I like to express strong opinions. Many commenters on my blog posts also like to express strong opinions. So we’re going to feel misunderstood by other people at times. That comes with the territory of expressing strong opinions in a setting where only written words can be shared, not the other ways we use to communicate with people.
In a way it's surprising that comment conversations on this blog are as friendly and productive as they usually are, given how many obstacles there are to understanding another person in cyberspace.
But sometimes feelings get hurt. This is unfortunate, though often unavoidable. Partly it's due to different ways of communicating between men and women. I don't want to overemphasize this. It just seems like a reality to me.
I talked about this in a 2005 post on my HinesSight blog, "Why men don't share their feelings."
“How’re you doing?” says Dennis as I walk into the Pacific Martial Arts changing room. Instead of replying with my habitual robotic “Fine, how’re you?” I have a crazy impulse to actually tell him. I’ll share my feelings!
“Well, my feet have been tingling for about a week. I don’t know what’s going on. I’ve got an appointment to see a doctor tomorrow.” Without missing a beat (appropriately: Dennis is a drummer) I hear, “You’ve got a brain tumor. No doubt about it. You’re going to die.”
For the rest of our hour and a half training session, whenever I stop to check on how my feet are doing Dennis again says, “Oh yeah, you’ve got a brain tumor. Your time is up.”
Sensei Warren, our regular martial arts instructor, came in late. After telling him my tale of tingling feet I got a marginally better prognosis: “You’ve got diabetic neuropathy. No doubt about it. You’re going to lose your feet.” And I don’t even have diabetes.
Now, I know both Dennis and Warren care a lot about me.

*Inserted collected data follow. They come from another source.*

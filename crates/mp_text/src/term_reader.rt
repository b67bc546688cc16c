//! Reads terms, each as its tokens are passed: no tree of their expressions is made.

ghost use Rattle.std.specs.Prelude.{◌≡◌, ◌<◌, ◌≤◌, ◌+◌, ◌-◌, true, length, IfOk, IfSome};
ghost use Rattle.mp_term.specs.View.{tree};
ghost use Rattle.mp_parser.specs.declared.token.Punct.TheVariants.{Open};
ghost use Rattle.mp_parser.specs.Lexing.{token_of};
ghost use Rattle.mp_parser.specs.Machine.{is_punct, BeforeExpr, AfterWord};
ghost use Rattle.mp_parser.specs.Parsing.{ahead};
ghost use Rattle.mp_parser.specs.View.{spot_of};
ghost use Rattle.mp_text.specs.ReadTerm.{IsTermRead, AreArgumentsRead};

use mp_build::{find_decl, if_faultless, symbol};
use mp_parser::parser::Parser;
use mp_parser::token::{Kind, Punct};
use mp_syntax::Word;
use mp_term::{Memory, Signature, Term, Terms};
use std::alloc::Global;

/// Reads a term of at most `left` nodes, in which at most `room` brackets stand open at once, and takes its nodes from
/// `left`. None says nothing of the tokens, of which some may be passed then: they are no term that has no fault, or
/// one of other forms than names and applications to arguments in brackets, or it is too large.
#[cycle(read_term)]
pub(crate) fn read_term(
    alloc: Global,
    sig: &Signature,
    parser: &mut Parser<'_>,
    room: usize,
    left: &mut usize,
) -> Result<Option<Term>, Memory>
    ensures read { IfOk result (λ o. IfSome o (λ t.
        IsTermRead sig.now BeforeExpr room (left.old - left.new) (tree t) (ahead parser.old) (ahead parser.new))) }
    ensures fewer { IfOk result (λ o. IfSome o (λ t. left.new ≤ left.old)) }
    ensures shorter { IfOk result (λ o. IfSome o (λ t. length (ahead parser.new) < length (ahead parser.old))) }
{
    if *left == 0 {
        return Ok(None);
    }
    *left -= 1;
    let place = parser.token.place;
    let Kind::Word(text) = parser.token.kind else {
        return Ok(None);
    };
    parser.advance();
    let name = Word { text, place };
    if parser.sees(Punct::Open) {
        return read_application(alloc, sig, parser, name, room, left);
    }
    let Some(name) = if_faultless(symbol(alloc, sig, name))? else {
        return Ok(None);
    };
    Ok(Some(Term::Sym(name)))
}

/// Reads what stands in brackets behind the name of an operation, of which the opening one is held: its arguments.
#[cycle(read_term)]
fn read_application(
    alloc: Global,
    sig: &Signature,
    parser: &mut Parser<'_>,
    name: Word<'_>,
    room: usize,
    left: &mut usize,
) -> Result<Option<Term>, Memory>
    requires { is_punct Open (token_of parser.old.token.kind) ≡ true }
    ensures read { IfOk result (λ o. IfSome o (λ t.
        IsTermRead sig.now (λ x k. AfterWord x k (spot_of name.entry)) room (left.old - left.new + 1) (tree t)
        (ahead parser.old) (ahead parser.new))) }
    ensures fewer { IfOk result (λ o. IfSome o (λ t. left.new ≤ left.old)) }
    ensures shorter { IfOk result (λ o. IfSome o (λ t. length (ahead parser.new) < length (ahead parser.old))) }
{
    if room == 0 {
        return Ok(None);
    }
    let Some((op, decl)) = find_decl(sig, name.text) else {
        return Ok(None);
    };
    parser.advance();
    if parser.sees(Punct::Close) {
        return Ok(None);
    }
    let Some(terms) = read_arguments(alloc, sig, parser, decl.least as usize, room - 1, left)?
    else {
        return Ok(None);
    };
    if !decl.allows(terms.len()) {
        return Ok(None);
    }
    Ok(Some(Term::App(op, terms)))
}

/// Reads terms with a comma between each two, and the bracket that closes them. There is room for so many at once.
#[cycle(read_term)]
fn read_arguments(
    alloc: Global,
    sig: &Signature,
    parser: &mut Parser<'_>,
    least: usize,
    room: usize,
    left: &mut usize,
) -> Result<Option<Terms>, Memory>
    ensures read { IfOk result (λ o. IfSome o (λ ts.
        AreArgumentsRead sig.now room (left.old - left.new) ts (ahead parser.old) (ahead parser.new))) }
    ensures fewer { IfOk result (λ o. IfSome o (λ ts. left.new ≤ left.old)) }
    ensures shorter { IfOk result (λ o. IfSome o (λ ts. length (ahead parser.new) ≤ length (ahead parser.old))) }
{
    let mut terms = Terms::with_room(alloc, least)?;
    loop {
        let Some(term) = read_term(alloc, sig, parser, room, left)? else {
            return Ok(None);
        };
        terms.push(term)?;
        if !parser.sees(Punct::Comma) {
            break;
        }
        parser.advance();
    }
    let Ok(()) = parser.expect(Punct::Close) else {
        return Ok(None);
    };
    Ok(Some(terms))
}
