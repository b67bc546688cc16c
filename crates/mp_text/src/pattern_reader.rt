//! Reads the patterns of rules, each as its tokens are passed: no tree of their expressions is made.

ghost use Rattle.std.specs.Prelude.{◌≡◌, ◌<◌, ◌≤◌, ◌+◌, ◌-◌, ℕ, true, length, map, IfOk, IfSome};
ghost use Rattle.mp_pattern.specs.View.{pattern_tree};
ghost use Rattle.mp_parser.specs.declared.token.Punct.TheVariants.{Open};
ghost use Rattle.mp_parser.specs.Lexing.{token_of};
ghost use Rattle.mp_parser.specs.Machine.{is_punct, BeforeExpr, AfterWord, AfterWildcard};
ghost use Rattle.mp_parser.specs.Parsing.{ahead};
ghost use Rattle.mp_parser.specs.View.{spot_of, wildcard_of};
ghost use Rattle.mp_build.specs.WildcardView.{wildcard_view};
ghost use Rattle.mp_text.specs.ReadPattern.{IsPatternRead, AreArgumentPatternsRead, IsWholePatternRead};

use mp_build::{PatternWildcard, build_wildcard, find_decl, if_faultless, symbol};
use mp_parser::parser::Parser;
use mp_parser::token::{Kind, Punct};
use mp_pattern::{MAX_VARIABLES, Pattern, Patterns};
use mp_syntax::{MAX_OPEN, Wildcard, Word};
use mp_term::{Memory, Signature};
use std::alloc::Global;

/// Reads the pattern of a rule, in which no bracket is open yet, and gives it as it is written, with its wildcards in
/// order. None says nothing of the tokens, of which some may be passed then: they are no pattern that has no fault, or
/// one with other forms in it than names, applications to arguments in brackets, and wildcards without a count and a
/// default, or a wildcard alone, or it is too large.
pub(crate) fn read_whole_pattern<'a>(
    alloc: Global,
    sig: &Signature,
    parser: &mut Parser<'a>,
) -> Result<Option<(Pattern, Vec<PatternWildcard<'a>>)>, Memory>
    ensures read { IfOk result (λ o. IfSome o (λ p.
        IsWholePatternRead sig.now (pattern_tree p.0) (map wildcard_view p.1.items) (ahead parser.old)
        (ahead parser.new))) }
    ensures shorter { IfOk result (λ o. IfSome o (λ p. length (ahead parser.new) < length (ahead parser.old))) }
{
    let mut left = MAX_VARIABLES;
    let mut wildcards = Vec::new(alloc);
    let Some(pattern) = read_pattern(alloc, sig, parser, MAX_OPEN, &mut left, &mut wildcards)?
    else {
        return Ok(None);
    };
    if let Pattern::Wild(..) = pattern {
        return Ok(None);
    }
    Ok(Some((pattern, wildcards)))
}

/// Reads a pattern of at most `left` nodes behind these wildcards of the same rule, in which at most `room` brackets
/// stand open at once. It takes its nodes from `left`, and adds its wildcards to those. None says nothing of the
/// tokens, nor of the wildcards.
#[cycle(read_pattern)]
fn read_pattern<'a>(
    alloc: Global,
    sig: &Signature,
    parser: &mut Parser<'a>,
    room: usize,
    left: &mut usize,
    before: &mut Vec<PatternWildcard<'a>>,
) -> Result<Option<Pattern>, Memory>
    ensures read { IfOk result (λ o. IfSome o (λ p.
        IsPatternRead sig.now BeforeExpr room (left.old - left.new) (pattern_tree p)
        (map wildcard_view before.old.items) (map wildcard_view before.new.items) (ahead parser.old)
        (ahead parser.new))) }
    ensures fewer { IfOk result (λ o. IfSome o (λ p. left.new ≤ left.old)) }
    ensures shorter { IfOk result (λ o. IfSome o (λ p. length (ahead parser.new) < length (ahead parser.old))) }
{
    if *left == 0 {
        return Ok(None);
    }
    *left -= 1;
    let place = parser.token.place;
    match parser.token.kind {
        Kind::Word(text) => {
            parser.advance();
            read_name(alloc, sig, parser, Word { text, place }, room, left, before)
        }
        Kind::Wildcard { name, marks, kind } => {
            parser.advance();
            let wild = Wildcard {
                name,
                marks,
                kind,
                place,
            };
            read_wildcard(alloc, sig, parser, wild, before)
        }
        _ => Ok(None),
    }
}

/// Reads what stands behind a wildcard, which has neither a count nor a default.
fn read_wildcard<'a>(
    alloc: Global,
    sig: &Signature,
    parser: &Parser<'a>,
    wild: Wildcard<'a>,
    before: &mut Vec<PatternWildcard<'a>>,
) -> Result<Option<Pattern>, Memory>
    ensures { IfOk result (λ o. IfSome o (λ p. (room : ℕ)
        → IsPatternRead sig.now (λ x k. AfterWildcard x k (wildcard_of wild.entry)) room 1 (pattern_tree p)
        (map wildcard_view before.old.items) (map wildcard_view before.new.items) (ahead parser.now)
        (ahead parser.now))) }
{
    if parser.sees_default(&wild) || parser.sees_count(&wild) {
        return Ok(None);
    }
    let Some(pattern) = if_faultless(build_wildcard(alloc, sig, wild, before))? else {
        return Ok(None);
    };
    Ok(Some(pattern))
}

/// Reads what stands behind a name: the arguments of an operation in brackets, or nothing, and then it is a symbol.
#[cycle(read_pattern)]
fn read_name<'a>(
    alloc: Global,
    sig: &Signature,
    parser: &mut Parser<'a>,
    name: Word<'_>,
    room: usize,
    left: &mut usize,
    before: &mut Vec<PatternWildcard<'a>>,
) -> Result<Option<Pattern>, Memory>
    ensures read { IfOk result (λ o. IfSome o (λ p.
        IsPatternRead sig.now (λ x k. AfterWord x k (spot_of name.entry)) room (left.old - left.new + 1)
        (pattern_tree p) (map wildcard_view before.old.items) (map wildcard_view before.new.items)
        (ahead parser.old) (ahead parser.new))) }
    ensures fewer { IfOk result (λ o. IfSome o (λ p. left.new ≤ left.old)) }
    ensures shorter { IfOk result (λ o. IfSome o (λ p. length (ahead parser.new) ≤ length (ahead parser.old))) }
{
    if parser.sees(Punct::Open) {
        return read_application(alloc, sig, parser, name, room, left, before);
    }
    let Some(name) = if_faultless(symbol(alloc, sig, name))? else {
        return Ok(None);
    };
    Ok(Some(Pattern::Sym(name)))
}

/// Reads what stands in brackets behind the name of an operation, of which the opening one is held: its arguments.
#[cycle(read_pattern)]
fn read_application<'a>(
    alloc: Global,
    sig: &Signature,
    parser: &mut Parser<'a>,
    name: Word<'_>,
    room: usize,
    left: &mut usize,
    before: &mut Vec<PatternWildcard<'a>>,
) -> Result<Option<Pattern>, Memory>
    requires { is_punct Open (token_of parser.old.token.kind) ≡ true }
    ensures read { IfOk result (λ o. IfSome o (λ p.
        IsPatternRead sig.now (λ x k. AfterWord x k (spot_of name.entry)) room (left.old - left.new + 1)
        (pattern_tree p) (map wildcard_view before.old.items) (map wildcard_view before.new.items)
        (ahead parser.old) (ahead parser.new))) }
    ensures fewer { IfOk result (λ o. IfSome o (λ p. left.new ≤ left.old)) }
    ensures shorter { IfOk result (λ o. IfSome o (λ p. length (ahead parser.new) < length (ahead parser.old))) }
{
    if room == 0 {
        return Ok(None);
    }
    let Some((op, decl)) = find_decl(sig, name.text) else {
        return Ok(None);
    };
    parser.advance();
    if parser.sees(Punct::Close) {
        return Ok(None);
    }
    let least = decl.least as usize;
    let Some(patterns) = read_arguments(alloc, sig, parser, least, room - 1, left, before)? else {
        return Ok(None);
    };
    if !decl.allows(patterns.len()) {
        return Ok(None);
    }
    Ok(Some(Pattern::App(op, patterns)))
}

/// Reads patterns with a comma between each two, and the bracket that closes them. There is room for so many at once.
#[cycle(read_pattern)]
fn read_arguments<'a>(
    alloc: Global,
    sig: &Signature,
    parser: &mut Parser<'a>,
    least: usize,
    room: usize,
    left: &mut usize,
    before: &mut Vec<PatternWildcard<'a>>,
) -> Result<Option<Patterns>, Memory>
    ensures read { IfOk result (λ o. IfSome o (λ ps.
        AreArgumentPatternsRead sig.now room (left.old - left.new) ps (map wildcard_view before.old.items)
        (map wildcard_view before.new.items) (ahead parser.old) (ahead parser.new))) }
    ensures fewer { IfOk result (λ o. IfSome o (λ ps. left.new ≤ left.old)) }
    ensures shorter { IfOk result (λ o. IfSome o (λ ps. length (ahead parser.new) ≤ length (ahead parser.old))) }
{
    let mut patterns = Patterns::with_room(alloc, least)?;
    loop {
        let Some(pattern) = read_pattern(alloc, sig, parser, room, left, before)? else {
            return Ok(None);
        };
        patterns.push(pattern)?;
        if !parser.sees(Punct::Comma) {
            break;
        }
        parser.advance();
    }
    let Ok(()) = parser.expect(Punct::Close) else {
        return Ok(None);
    };
    Ok(Some(patterns))
}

They demonstrated their manly concern by telling me that I’m either going to die or lose my feet. If one of them had given me a big hug and said “Don’t worry, everything is going to be all right,” I would have begun to worry that he had a brain tumor.
If I want sympathy, I’ll tell my troubles to my wife. From my marital arts buddies I get camaraderie and support that isn’t expressed in words. Dennis taught the class that evening. He started off by saying, “Let’s work on kicks tonight since your feet are giving you a problem.”
Which is what we did. For almost an hour. The unspoken message was, “Your feet are OK. Suck it up. This is no big deal.” That’s pretty much what the doctor said the next day: “Your feet look fine; I’ll do a blood test anyway; call me in a month if you’re not better.”
I'm sharing this anecdote because it points to a seeming fact: men are more comfortable with the rough-and-tumble of online communications because they're more used to joking around with each other in some rough ways.
This is fine.
But I worry when a woman shares something on this blog, then gets attacked in an intense fashion. Mostly or entirely by men. That's when I feel protective toward the woman, since I feel responsible for providing a safe space for people to share their ideas without feeling like they're in some sort of danger.
Well, those are my thoughts for tonight. Thanks for listening. I'll get back to a regular Church of the Churchless blog post soon.